*Work instructions*. From the line below that contains "cpu.set_latch(TL1, add_where(1, runs, low));" to the line that contains "fn pass_timer2(cpu: &mut", repeat every line exactly, both ends included, and nothing else.

(Stored items)
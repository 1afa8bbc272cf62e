//! Machine cycles in which the devices only count.
ghost use Rattle.std.specs.Prelude.{◌≡◌, ◌≤◌, ◌&&◌, true, length, nat_le};
ghost use Rattle.m51_flat.specs.Sfr.{latch};
ghost use Rattle.m51_timers_uart.specs.Counting.{mode_of};
ghost use Rattle.m51_timers_uart.specs.OnlyCounting.{counted_on, counts_each, line_waits, low0_after, low1_after};
ghost use Rattle.m51_timers_uart.specs.OnlyCounting.{low2_after, low_after, timer0_is_plain, timer1_is_plain};
ghost use Rattle.m51_timers_uart.specs.OnlyCounting.{timer2_is_plain};
ghost use Rattle.m51_timers_uart.specs.Tick.{clocks_ticked};
ghost use Rattle.m51_timers_uart.specs.Timer2.{timer2_ticked};
ghost use Rattle.m51_timers_uart.specs.Timers.{timer0_ticked, timer1_ticked, timers_ticked};

use crate::levels::Levels;
use crate::periph::{Periph, Sent};
use crate::sending::{last, tick_sending};
use crate::timer2::{rates, tick_timer2};
use crate::timers::{count_timer0, count_timer1, splits, timer0_mode};
use m51_flat::Cpu;
use m51_sfr::addresses::{T2CON, TCON, TL0, TL1, TL2, TMOD};
use m51_sfr::bits::{CT2, EXEN2, TR0, TR1, TR2};

/// In modes 1 and 2, with GATE and C/T 0, a timer counts each cycle while it runs.
#[inline(always)]
fn counts_each(gate: bool, ct: bool, m1: bool, m0: bool) -> bool
    ensures { result ≡ counts_each gate ct (mode_of m1 m0) }
{
    let whole = if m1 { !m0 } else { m0 };
    !gate && !ct && whole
}

/// Timer 0 counts each cycle, or it does not run and is not in mode 3.
#[tactic(auto, unfolding(crate::specs::OnlyCounting::timer0_is_plain))]
#[inline(always)]
pub(crate) fn is_timer0_plain(cpu: &Cpu) -> bool
    ensures { result ≡ timer0_is_plain cpu.now }
{
    if cpu.flag(TCON, TR0) {
        counts_each(
            cpu.flag(TMOD, 3),
            cpu.flag(TMOD, 2),
            cpu.flag(TMOD, 1),
            cpu.flag(TMOD, 0),
        )
    } else {
        !splits(timer0_mode(cpu))
    }
}

/// Timer 1 counts each cycle, or it does not run.
#[tactic(auto, unfolding(crate::specs::OnlyCounting::timer1_is_plain))]
#[inline(always)]
pub(crate) fn is_timer1_plain(cpu: &Cpu) -> bool
    ensures { result ≡ timer1_is_plain cpu.now }
{
    if cpu.flag(TCON, TR1) {
        counts_each(
            cpu.flag(TMOD, 7),
            cpu.flag(TMOD, 6),
            cpu.flag(TMOD, 5),
            cpu.flag(TMOD, 4),
        )
    } else {
        true
    }
}

/// Timer 2 counts each cycle once, or it does not run; no fall of T2EX matters.
#[tactic(auto, unfolding(crate::specs::OnlyCounting::timer2_is_plain))]
#[inline(always)]
pub(crate) fn is_timer2_plain(cpu: &Cpu) -> bool
    ensures { result ≡ timer2_is_plain cpu.now }
{
    if cpu.flag(T2CON, EXEN2) {
        return false;
    }
    if cpu.flag(T2CON, TR2) {
        let counter = cpu.flag(T2CON, CT2);
        let rates = rates(cpu);
        !counter && !rates
    } else {
        true
    }
}

/// No byte is on its way, or its bit time is not over and waits for the overflow of a timer.
#[tactic(auto, unfolding(crate::specs::OnlyCounting::line_waits))]
#[inline(always)]
pub(crate) fn waits(periph: &Periph, cpu: &Cpu) -> bool
    ensures { result ≡ line_waits cpu.now periph.now }
{
    if periph.left == 0 {
        return true;
    }
    let takes = last(cpu, periph.mode);
    (periph.mode == 1 || periph.mode == 3) && !(takes <= periph.count)
}

/// What is added to a low byte in this number of cycles.
#[inline(always)]
fn added(count: u8, runs: bool) -> u8
    ensures { result ≡ low_after count runs 0 }
{
    if runs { count } else { 0 }
}

/// A low byte does not reach its end in this number of cycles.
#[inline(always)]
fn fits(count: u8, runs: bool, low: u8) -> bool
    ensures { result ≡ nat_le (low_after count runs low) 255 }
{
    added(count, runs) <= 0xFF - low
}

/// A low byte after this number of cycles.
#[inline(always)]
fn add_where(count: u8, runs: bool, low: u8) -> u8
    requires { nat_le (low_after count runs low) 255 ≡ true }
    ensures { result ≡ low_after count runs low }
{
    low + added(count, runs)
}

/// No timer that runs reaches the end of its low byte in this number of cycles.
#[inline(always)]
pub(crate) fn all_fit(count: u8, cpu: &Cpu) -> bool
    ensures { result ≡ (nat_le (low0_after count cpu.now) 255 && nat_le (low1_after count cpu.now) 255
        && nat_le (low2_after count cpu.now) 255) }
{
    let timer0 = fits(count, cpu.flag(TCON, TR0), cpu.latch(TL0));
    let timer1 = fits(count, cpu.flag(TCON, TR1), cpu.latch(TL1));
    let timer2 = fits(count, cpu.flag(T2CON, TR2), cpu.latch(TL2));
    timer0 && timer1 && timer2
}

/// Passes this number of machine cycles at once in which the devices only count: it is added to the low byte of each
/// timer that runs.
///
/// Source: own choice ("Cycles in which nothing happens").
#[tactic(auto, unfolding(crate::specs::OnlyCounting::counted_on))]
#[inline(always)]
pub fn count_on(count: u8, cpu: &mut Cpu)
    requires low0 { nat_le (low0_after count cpu.old) 255 ≡ true }
    requires low1 { nat_le (low1_after count cpu.old) 255 ≡ true }
    requires low2 { nat_le (low2_after count cpu.old) 255 ≡ true }
    ensures { cpu.new ≡ counted_on count cpu.old }
{
    let timer0 = add_where(count, cpu.flag(TCON, TR0), cpu.latch(TL0));
    let timer1 = add_where(count, cpu.flag(TCON, TR1), cpu.latch(TL1));
    let timer2 = add_where(count, cpu.flag(T2CON, TR2), cpu.latch(TL2));
    cpu.set_latch(TL0, timer0);
    cpu.set_latch(TL1, timer1);
    cpu.set_latch(TL2, timer2);
}

/// Timer 0 in a cycle, where it counts each cycle or does not run: most counts only add one to its low byte.
#[tactic(auto, using(crate::proofs::CountsOn::timer0_counts, crate::proofs::CountsOn::timer0_runs))]
#[inline(always)]
fn pass_timer0(cpu: &mut Cpu, levels: &Levels)
    requires { timer0_is_plain cpu.old ≡ true }
    ensures { cpu.new ≡ timer0_ticked levels.now cpu.old }
{
    let runs = cpu.flag(TCON, TR0);
    let low = cpu.latch(TL0);
    if fits(1, runs, low) {
        cpu.set_latch(TL0, add_where(1, runs, low));
    } else {
        count_timer0(cpu);
    }
}

/// Timer 1 in a cycle: whether it overflowed.
#[tactic(auto, using(crate::proofs::CountsOn::timer1_counts, crate::proofs::CountsOn::timer1_runs))]
#[inline(always)]
fn pass_timer1(cpu: &mut Cpu, levels: &Levels) -> bool
    requires timer0 { timer0_is_plain cpu.old ≡ true }
    requires timer1 { timer1_is_plain cpu.old ≡ true }
    ensures { record { cpu = cpu.new; overflow = result } ≡ timer1_ticked levels.now cpu.old }
{
    let runs = cpu.flag(TCON, TR1);
    let low = cpu.latch(TL1);
    if fits(1, runs, low) {
        cpu.set_latch(TL1, add_where(1, runs, low));
        return false;
    }
    count_timer1(cpu)
}

/// Timer 2 in a cycle: how many of its counts were overflows.
#[tactic(auto, using(crate::proofs::CountsOn::timer2_counts))]
#[inline(always)]
fn pass_timer2(cpu: &mut Cpu, levels: &Levels) -> u8
    requires { timer2_is_plain cpu.old ≡ true }
    ensures value { record { cpu = cpu.new; overflows = result } ≡ timer2_ticked levels.now cpu.old }
    ensures most { result ≤ 6 }
{
    let runs = cpu.flag(T2CON, TR2);
    let low = cpu.latch(TL2);
    if fits(1, runs, low) {
        cpu.set_latch(TL2, add_where(1, runs, low));
        return 0;
    }
    tick_timer2(cpu, levels)
}

/// Timers 0 and 1 in a cycle, where each counts each cycle or does not run: whether timer 1 overflowed.
#[tactic(auto, using(crate::proofs::CountsOn::kept0, crate::proofs::CountsOn::kept1, crate::proofs::CountsOn::no_th0))]
#[inline(always)]
fn pass_timers(cpu: &mut Cpu, levels: &Levels) -> bool
    requires registers { length cpu.old.regs ≡ 128 }
    requires timer0 { timer0_is_plain cpu.old ≡ true }
    requires timer1 { timer1_is_plain cpu.old ≡ true }
    ensures { record { cpu = cpu.new; overflow = result } ≡ timers_ticked levels.now cpu.old }
{
    pass_timer0(cpu, levels);
    pass_timer1(cpu, levels)
}

/// The timers and sending in a cycle in which each timer that runs counts.
#[inline(always)]
pub(crate) fn count_clocks(periph: &mut Periph, cpu: &mut Cpu, levels: &Levels) -> Option<Sent>
    requires registers { length cpu.old.regs ≡ 128 }
    requires timer0 { timer0_is_plain cpu.old ≡ true }
    requires timer1 { timer1_is_plain cpu.old ≡ true }
    requires timer2 { timer2_is_plain cpu.old ≡ true }
    ensures { record { cpu = cpu.new; periph = periph.new; sent = result }
        ≡ clocks_ticked levels.now cpu.old periph.old }
{
    let timer1 = pass_timers(cpu, levels);
    let timer2 = pass_timer2(cpu, levels);
    tick_sending(periph, cpu, timer1, timer2)
}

*Answer to this task*.
        cpu.set_latch(TL1, add_where(1, runs, low));
        return false;
    }
    count_timer1(cpu)
}

/// Timer 2 in a cycle: how many of its counts were overflows.
#[tactic(auto, using(crate::proofs::CountsOn::timer2_counts))]
#[inline(always)]
fn pass_timer2(cpu: &mut Cpu, levels: &Levels) -> u8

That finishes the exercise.